» **Problem details**: List all lines of the data that include the string "NoMemory".

(Items from a data source)
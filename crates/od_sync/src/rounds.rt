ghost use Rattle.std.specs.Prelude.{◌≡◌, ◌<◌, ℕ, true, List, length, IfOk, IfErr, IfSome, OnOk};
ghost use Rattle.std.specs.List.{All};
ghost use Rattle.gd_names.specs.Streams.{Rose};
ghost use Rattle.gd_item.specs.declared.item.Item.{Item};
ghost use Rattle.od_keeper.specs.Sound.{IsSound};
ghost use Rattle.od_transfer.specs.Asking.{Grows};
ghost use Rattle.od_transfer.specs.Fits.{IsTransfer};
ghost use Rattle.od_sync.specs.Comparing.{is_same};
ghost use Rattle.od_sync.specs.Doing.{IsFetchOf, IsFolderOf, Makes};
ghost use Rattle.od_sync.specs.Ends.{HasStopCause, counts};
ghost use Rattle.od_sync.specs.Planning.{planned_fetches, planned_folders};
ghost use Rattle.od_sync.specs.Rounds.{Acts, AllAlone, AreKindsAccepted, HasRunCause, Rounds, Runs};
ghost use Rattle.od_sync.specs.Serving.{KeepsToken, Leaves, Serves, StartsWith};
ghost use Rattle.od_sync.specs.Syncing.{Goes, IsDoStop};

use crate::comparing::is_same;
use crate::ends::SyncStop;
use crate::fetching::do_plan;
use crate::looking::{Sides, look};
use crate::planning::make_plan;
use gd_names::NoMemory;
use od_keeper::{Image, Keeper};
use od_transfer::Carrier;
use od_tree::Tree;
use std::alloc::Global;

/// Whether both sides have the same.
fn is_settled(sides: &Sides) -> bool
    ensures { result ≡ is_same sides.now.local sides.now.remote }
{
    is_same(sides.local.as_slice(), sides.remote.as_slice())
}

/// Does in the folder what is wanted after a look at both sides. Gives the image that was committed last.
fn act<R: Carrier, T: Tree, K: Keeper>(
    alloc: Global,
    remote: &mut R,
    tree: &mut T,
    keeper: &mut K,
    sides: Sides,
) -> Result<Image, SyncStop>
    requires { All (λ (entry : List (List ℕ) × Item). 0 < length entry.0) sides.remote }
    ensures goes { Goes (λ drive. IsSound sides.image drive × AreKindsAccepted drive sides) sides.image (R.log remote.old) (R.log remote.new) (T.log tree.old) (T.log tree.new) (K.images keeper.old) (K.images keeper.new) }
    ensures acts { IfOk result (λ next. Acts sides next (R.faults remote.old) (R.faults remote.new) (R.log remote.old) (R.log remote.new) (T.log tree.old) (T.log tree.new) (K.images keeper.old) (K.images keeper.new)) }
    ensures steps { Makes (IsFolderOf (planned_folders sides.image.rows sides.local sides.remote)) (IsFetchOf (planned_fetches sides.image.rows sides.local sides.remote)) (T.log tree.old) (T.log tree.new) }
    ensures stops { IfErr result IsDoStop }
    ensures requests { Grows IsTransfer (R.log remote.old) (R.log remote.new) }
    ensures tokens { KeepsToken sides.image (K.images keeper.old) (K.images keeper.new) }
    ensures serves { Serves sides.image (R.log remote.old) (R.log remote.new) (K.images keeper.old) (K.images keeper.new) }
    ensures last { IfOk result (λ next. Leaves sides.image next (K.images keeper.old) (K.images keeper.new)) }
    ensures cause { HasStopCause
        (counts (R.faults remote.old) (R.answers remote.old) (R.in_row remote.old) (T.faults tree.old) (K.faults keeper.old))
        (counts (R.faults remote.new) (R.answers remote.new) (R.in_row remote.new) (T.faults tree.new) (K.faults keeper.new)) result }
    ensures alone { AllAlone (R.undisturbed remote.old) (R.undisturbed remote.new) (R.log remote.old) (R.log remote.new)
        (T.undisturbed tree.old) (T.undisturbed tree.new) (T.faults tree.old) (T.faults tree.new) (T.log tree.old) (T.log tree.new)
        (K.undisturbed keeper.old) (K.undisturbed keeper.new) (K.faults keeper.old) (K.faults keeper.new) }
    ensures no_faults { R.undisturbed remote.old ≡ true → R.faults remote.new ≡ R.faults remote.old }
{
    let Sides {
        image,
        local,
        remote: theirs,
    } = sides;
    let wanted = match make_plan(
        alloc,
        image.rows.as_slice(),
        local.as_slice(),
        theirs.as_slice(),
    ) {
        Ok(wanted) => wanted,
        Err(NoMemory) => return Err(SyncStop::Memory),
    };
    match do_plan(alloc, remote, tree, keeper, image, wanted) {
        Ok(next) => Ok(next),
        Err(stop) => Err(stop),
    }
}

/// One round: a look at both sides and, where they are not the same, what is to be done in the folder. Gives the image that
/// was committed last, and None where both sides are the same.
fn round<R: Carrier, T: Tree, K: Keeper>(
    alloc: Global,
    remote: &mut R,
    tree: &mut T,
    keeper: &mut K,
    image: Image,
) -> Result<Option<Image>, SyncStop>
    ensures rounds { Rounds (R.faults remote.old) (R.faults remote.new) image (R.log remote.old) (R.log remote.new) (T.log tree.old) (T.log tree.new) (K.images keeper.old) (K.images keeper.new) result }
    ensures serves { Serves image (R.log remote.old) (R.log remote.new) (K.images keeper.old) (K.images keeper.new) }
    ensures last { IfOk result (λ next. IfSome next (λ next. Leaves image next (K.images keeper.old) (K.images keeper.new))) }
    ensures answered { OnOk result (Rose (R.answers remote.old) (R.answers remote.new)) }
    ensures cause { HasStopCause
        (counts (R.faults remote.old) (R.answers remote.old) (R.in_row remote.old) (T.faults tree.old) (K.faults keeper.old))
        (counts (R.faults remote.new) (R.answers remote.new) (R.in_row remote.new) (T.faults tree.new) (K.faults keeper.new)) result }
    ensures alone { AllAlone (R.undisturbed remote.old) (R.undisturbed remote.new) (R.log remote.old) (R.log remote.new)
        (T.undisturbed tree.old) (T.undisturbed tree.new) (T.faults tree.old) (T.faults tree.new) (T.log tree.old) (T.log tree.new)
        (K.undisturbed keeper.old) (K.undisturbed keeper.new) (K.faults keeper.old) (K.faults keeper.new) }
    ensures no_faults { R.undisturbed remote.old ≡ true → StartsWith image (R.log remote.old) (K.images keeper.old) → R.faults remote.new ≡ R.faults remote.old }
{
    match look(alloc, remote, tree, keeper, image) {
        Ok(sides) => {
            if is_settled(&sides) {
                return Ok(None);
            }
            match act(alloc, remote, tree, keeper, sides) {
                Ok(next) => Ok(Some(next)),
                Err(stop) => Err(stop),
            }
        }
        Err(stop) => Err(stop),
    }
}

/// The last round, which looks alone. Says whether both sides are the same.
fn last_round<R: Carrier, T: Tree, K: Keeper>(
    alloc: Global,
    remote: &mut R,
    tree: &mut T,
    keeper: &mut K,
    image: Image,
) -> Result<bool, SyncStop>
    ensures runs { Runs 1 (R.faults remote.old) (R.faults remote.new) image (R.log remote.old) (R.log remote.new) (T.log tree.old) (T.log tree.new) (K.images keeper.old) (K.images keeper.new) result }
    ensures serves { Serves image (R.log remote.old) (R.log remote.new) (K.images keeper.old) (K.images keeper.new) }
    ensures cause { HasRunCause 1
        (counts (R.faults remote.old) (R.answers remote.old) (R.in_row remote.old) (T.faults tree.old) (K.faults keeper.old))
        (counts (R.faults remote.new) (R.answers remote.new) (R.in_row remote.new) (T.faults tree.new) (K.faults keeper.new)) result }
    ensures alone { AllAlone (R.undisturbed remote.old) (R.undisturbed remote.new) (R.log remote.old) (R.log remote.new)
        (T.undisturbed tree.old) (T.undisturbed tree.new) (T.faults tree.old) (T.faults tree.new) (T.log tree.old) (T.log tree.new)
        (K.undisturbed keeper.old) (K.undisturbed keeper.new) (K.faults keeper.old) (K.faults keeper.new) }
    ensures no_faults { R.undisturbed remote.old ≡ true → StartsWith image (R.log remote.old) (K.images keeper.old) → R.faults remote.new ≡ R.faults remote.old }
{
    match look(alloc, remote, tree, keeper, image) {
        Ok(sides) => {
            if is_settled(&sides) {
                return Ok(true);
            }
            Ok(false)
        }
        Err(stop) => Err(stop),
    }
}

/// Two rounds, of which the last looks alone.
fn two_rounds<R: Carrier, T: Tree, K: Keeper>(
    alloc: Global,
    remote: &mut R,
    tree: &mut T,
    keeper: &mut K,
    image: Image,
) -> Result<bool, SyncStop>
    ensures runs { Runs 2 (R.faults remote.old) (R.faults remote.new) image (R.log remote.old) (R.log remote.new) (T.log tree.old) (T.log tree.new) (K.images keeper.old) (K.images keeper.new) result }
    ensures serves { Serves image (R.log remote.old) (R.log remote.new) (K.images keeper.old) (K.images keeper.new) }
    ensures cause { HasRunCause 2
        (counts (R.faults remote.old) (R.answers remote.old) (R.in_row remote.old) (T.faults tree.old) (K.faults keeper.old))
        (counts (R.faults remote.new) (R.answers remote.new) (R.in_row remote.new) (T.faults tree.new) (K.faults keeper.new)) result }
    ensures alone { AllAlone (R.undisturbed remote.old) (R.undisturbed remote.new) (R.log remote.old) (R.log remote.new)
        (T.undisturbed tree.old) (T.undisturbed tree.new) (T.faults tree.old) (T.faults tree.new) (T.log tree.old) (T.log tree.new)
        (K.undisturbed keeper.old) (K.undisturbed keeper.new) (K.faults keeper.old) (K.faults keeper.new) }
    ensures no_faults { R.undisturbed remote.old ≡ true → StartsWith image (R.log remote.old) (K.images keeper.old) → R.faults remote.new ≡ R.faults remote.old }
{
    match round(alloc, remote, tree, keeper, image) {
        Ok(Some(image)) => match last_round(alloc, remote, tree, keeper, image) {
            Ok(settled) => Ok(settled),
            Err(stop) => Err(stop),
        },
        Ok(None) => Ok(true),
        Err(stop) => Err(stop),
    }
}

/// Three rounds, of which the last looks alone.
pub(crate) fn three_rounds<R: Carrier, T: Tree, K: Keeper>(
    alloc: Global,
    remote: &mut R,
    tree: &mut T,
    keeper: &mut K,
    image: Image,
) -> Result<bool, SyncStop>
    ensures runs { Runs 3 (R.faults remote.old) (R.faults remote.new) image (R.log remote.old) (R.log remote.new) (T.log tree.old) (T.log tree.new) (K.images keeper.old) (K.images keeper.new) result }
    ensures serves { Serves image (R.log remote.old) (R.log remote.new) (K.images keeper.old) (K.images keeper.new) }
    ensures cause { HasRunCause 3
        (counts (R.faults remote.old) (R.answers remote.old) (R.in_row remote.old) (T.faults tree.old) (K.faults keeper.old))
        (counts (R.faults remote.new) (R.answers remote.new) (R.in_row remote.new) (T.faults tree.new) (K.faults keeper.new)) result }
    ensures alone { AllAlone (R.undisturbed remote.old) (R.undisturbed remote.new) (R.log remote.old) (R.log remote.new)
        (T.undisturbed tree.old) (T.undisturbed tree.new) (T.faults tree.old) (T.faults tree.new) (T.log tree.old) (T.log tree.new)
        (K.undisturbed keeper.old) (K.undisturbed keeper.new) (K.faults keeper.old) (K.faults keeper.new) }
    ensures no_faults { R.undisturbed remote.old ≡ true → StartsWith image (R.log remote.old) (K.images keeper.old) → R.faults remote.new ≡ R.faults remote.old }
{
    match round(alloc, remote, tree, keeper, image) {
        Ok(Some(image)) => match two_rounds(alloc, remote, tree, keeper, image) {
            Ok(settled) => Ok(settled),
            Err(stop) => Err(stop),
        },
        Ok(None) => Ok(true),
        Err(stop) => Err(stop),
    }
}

» **Finished exercise**:
use gd_names::NoMemory;
        Err(NoMemory) => return Err(SyncStop::Memory),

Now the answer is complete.